This creates a new recurrence. A string containing a valid frequency is required. In addition, $start, $end, and $base dates can be passed in (either as Date::Manip::Date objects, or as strings containing dates that can be parsed), and any number of the modifiers listed above.

If the $start or $end dates are not included, they may be supplied automatically, based on the value of the RecurRange variable. If any of the dates are passed in, they must be included in the order given (though it is safe to pass an empty string or undef in for any of them if you only want to set some, but not all of them).

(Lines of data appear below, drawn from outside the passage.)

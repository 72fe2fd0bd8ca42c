ghost use Rattle.std.specs.Prelude.{◌≡◌, ◌≤◌, IfOk, IfSome, IsTrue, OnErr, Some, None};
ghost use Rattle.std.specs.Prelude.{false, is_err, is_some, length, option_map, option_and_then};
ghost use Rattle.std.specs.Prelude.{if◌then◌else◌};
ghost use Rattle.std.specs.Option.{ForSome};
ghost use Rattle.bb_base.specs.Faults.{counted};
ghost use Rattle.bb_flash.specs.Device.{content, reads};
ghost use Rattle.bb_bucket.specs.Blocks.{is_block_of};
ghost use Rattle.bb_bucket.specs.Calls.{IsQuiet};
ghost use Rattle.bb_bucket.specs.Kind.{part_of};
ghost use Rattle.bb_bucket.specs.Seen.{IsLookOf};
ghost use Rattle.bb_circular.specs.Circular.{IsEntryIn, IsKeptIn, IsOfEntry, agrees_with};
ghost use Rattle.bb_circular.specs.Circular.{circular_candidate, circular_is_worn, kept_of};
ghost use Rattle.bb_circular.specs.Circular.{readable, record_of};
ghost use Rattle.bb_circular.specs.Looking.{IsKnown, worn_of};

use crate::entry::{CLOSING_LEN, closed_entry};
use crate::kept::{Entry, Kept};
use crate::last_page::find_last_page;
use bb_base::Failed;
use bb_bucket::{Block, Found, Look, NOTHING, look_with, read_pieces};
use bb_flash::Flash;

#[tactic(auto, using(bb_bucket::proofs::Quiet::quiet_joined))]
/// Looks for the record of a block, by what is kept of it or else from its end backwards. The
/// answer is what was found, and what there is to keep. The piece that is kept of the record stands
/// at the front of `memory`.
pub(crate) fn find_log<F: Flash>(
    flash: &mut F,
    block: Block,
    kept: Option<Kept>,
    memory: &mut Vec<u8>,
) -> Result<(Look, Kept), Failed>
    requires held { IsTrue (is_block_of block (F.device flash.old).geometry) }
    requires agreed { ForSome (content (F.device flash.old)) (λ image.
        IsTrue (agrees_with block.page kept (part_of block.page block.region image))) }
    requires inside { IfSome kept (IsKeptIn block) }
    requires memory { block.page ≤ length memory.old.items }
    ensures done { IfOk result (λ answer. ForSome (content (F.device flash.old)) (λ image.
        let old = part_of block.page block.region image in
        IsLookOf (circular_candidate block.page old) (circular_is_worn block.page old)
        memory.new.items answer.0)) }
    ensures len { IfOk result (λ answer.
        answer.0.found.len ≡ option_map (λ seen. seen.len) answer.0.seen) }
    ensures seen { IfOk result (λ answer. IfSome answer.0.seen
        (IsOfEntry block answer.1.newest (length memory.new.items))) }
    ensures kept { IfOk result (λ answer. ForSome (content (F.device flash.old)) (λ image.
        answer.1 ≡ kept_of block.page (part_of block.page block.region image))) }
    ensures inside { IfOk result (λ answer. IsKeptIn block answer.1) }
    ensures memory { length memory.new.items ≡ length memory.old.items }
    ensures quiet { IsQuiet (F.device flash.old) (F.device flash.new) }
    ensures faults { (F.device flash.new).faults
        ≡ counted (is_err result) (F.device flash.old).faults }
    ensures read_faults { (F.device flash.new).read_faults
        ≡ counted (is_err result) (F.device flash.old).read_faults }
{
    let kept = look_up(flash, block, kept, memory)?;
    let look = see_newest(flash, block, kept.newest, memory)?;
    Ok((look, confirm(kept, look.found)))
}

/// Where the next entry goes, and which is the newest as the block's last page says: what is kept,
/// or else what a look from the block's end backwards finds.
pub(crate) fn look_up<F: Flash>(
    flash: &mut F,
    block: Block,
    kept: Option<Kept>,
    memory: &mut [u8],
) -> Result<Kept, Failed>
    requires held { IsTrue (is_block_of block (F.device flash.old).geometry) }
    requires agreed { ForSome (content (F.device flash.old)) (λ image.
        IsTrue (agrees_with block.page kept (part_of block.page block.region image))) }
    requires inside { IfSome kept (IsKeptIn block) }
    requires memory { block.page ≤ length memory.old }
    ensures done { IfOk result (λ known. ForSome (content (F.device flash.old)) (λ image.
        IsKnown block.page (part_of block.page block.region image) known)) }
    ensures inside { IfOk result (IsKeptIn block) }
    ensures reads { IsTrue (is_some kept) →
        reads (F.device flash.new) ≡ reads (F.device flash.old) }
    ensures unknown { OnErr result (is_some kept ≡ false) }
    ensures quiet { IsQuiet (F.device flash.old) (F.device flash.new) }
    ensures faults { (F.device flash.new).faults
        ≡ counted (is_err result) (F.device flash.old).faults }
    ensures read_faults { (F.device flash.new).read_faults
        ≡ counted (is_err result) (F.device flash.old).read_faults }
{
    let _ = flash.geometry();
    match kept {
        Some(kept) => Ok(kept),
        None => find_newest(flash, block, memory),
    }
}

// The same by a look from the end.
fn find_newest<F: Flash>(flash: &mut F, block: Block, memory: &mut [u8]) -> Result<Kept, Failed>
    requires held { IsTrue (is_block_of block (F.device flash.old).geometry) }
    requires memory { block.page ≤ length memory.old }
    ensures done { IfOk result (λ known. ForSome (content (F.device flash.old)) (λ image.
        IsKnown block.page (part_of block.page block.region image) known)) }
    ensures inside { IfOk result (IsKeptIn block) }
    ensures quiet { IsQuiet (F.device flash.old) (F.device flash.new) }
    ensures faults { (F.device flash.new).faults
        ≡ counted (is_err result) (F.device flash.old).faults }
    ensures read_faults { (F.device flash.new).read_faults
        ≡ counted (is_err result) (F.device flash.old).read_faults }
{
    let page = &mut memory[..block.page as usize];
    let last = find_last_page(flash, block, page)?;
    Ok(Kept {
        next: last.pages * block.page,
        newest: closed_entry(last, page, block),
    })
}

#[tactic(auto, using(bb_bucket::proofs::Quiet::quiet_same))]
// Looks for the record of an entry, if there is one and none of its pages is Lost.
fn see_newest<F: Flash>(
    flash: &mut F,
    block: Block,
    newest: Option<Entry>,
    memory: &mut Vec<u8>,
) -> Result<Look, Failed>
    requires held { IsTrue (is_block_of block (F.device flash.old).geometry) }
    requires inside { IfSome newest (IsEntryIn block) }
    requires memory { block.page ≤ length memory.old.items }
    ensures done { IfOk result (λ look. ForSome (content (F.device flash.old)) (λ image.
        let old = part_of block.page block.region image in
        let read = option_and_then (readable block.page old) newest in
        IsLookOf (option_map (record_of old) read) (worn_of block.page old read)
        memory.new.items look)) }
    ensures len { IfOk result (λ look.
        look.found.len ≡ option_map (λ seen. seen.len) look.seen) }
    ensures seen { IfOk result (λ look. IfSome look.seen
        (IsOfEntry block newest (length memory.new.items))) }
    ensures memory { length memory.new.items ≡ length memory.old.items }
    ensures quiet { IsQuiet (F.device flash.old) (F.device flash.new) }
    ensures faults { (F.device flash.new).faults
        ≡ counted (is_err result) (F.device flash.old).faults }
    ensures read_faults { (F.device flash.new).read_faults
        ≡ counted (is_err result) (F.device flash.old).read_faults }
{
    let _ = flash.geometry();
    let Some(entry) = newest else {
        return Ok(NOTHING);
    };
    let len = entry.len - CLOSING_LEN;
    let pieces = read_pieces(flash, block.region, entry.at, len, memory)?;
    Ok(look_with(pieces.seen, pieces.health))
}

// What there is to keep, once the newest entry was read or found to be none.
fn confirm(kept: Kept, found: Found) -> Kept
    ensures { result ≡ (if is_some found.len then kept else record kept { newest = None }) }
{
    if found.len.is_some() {
        kept
    } else {
        Kept {
            newest: None,
            ..kept
        }
    }
}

The $modifiers argument must either contain valid modifiers, or be left out of the argument list entirely. You cannot pass an empty string or undef in for it.

    $err = $recur->parse($string);
 
 

This creates a recurrence from a string which contains all of the necessary elements of the recurrence. The string is of the format:

    FREQ*MODIFIERS*BASE*START*END
 
 

where FREQ is a string containing a frequency, MODIFIERS is a string containing a comma separated list of modifiers, BASE, START, and END are strings containing parseable dates.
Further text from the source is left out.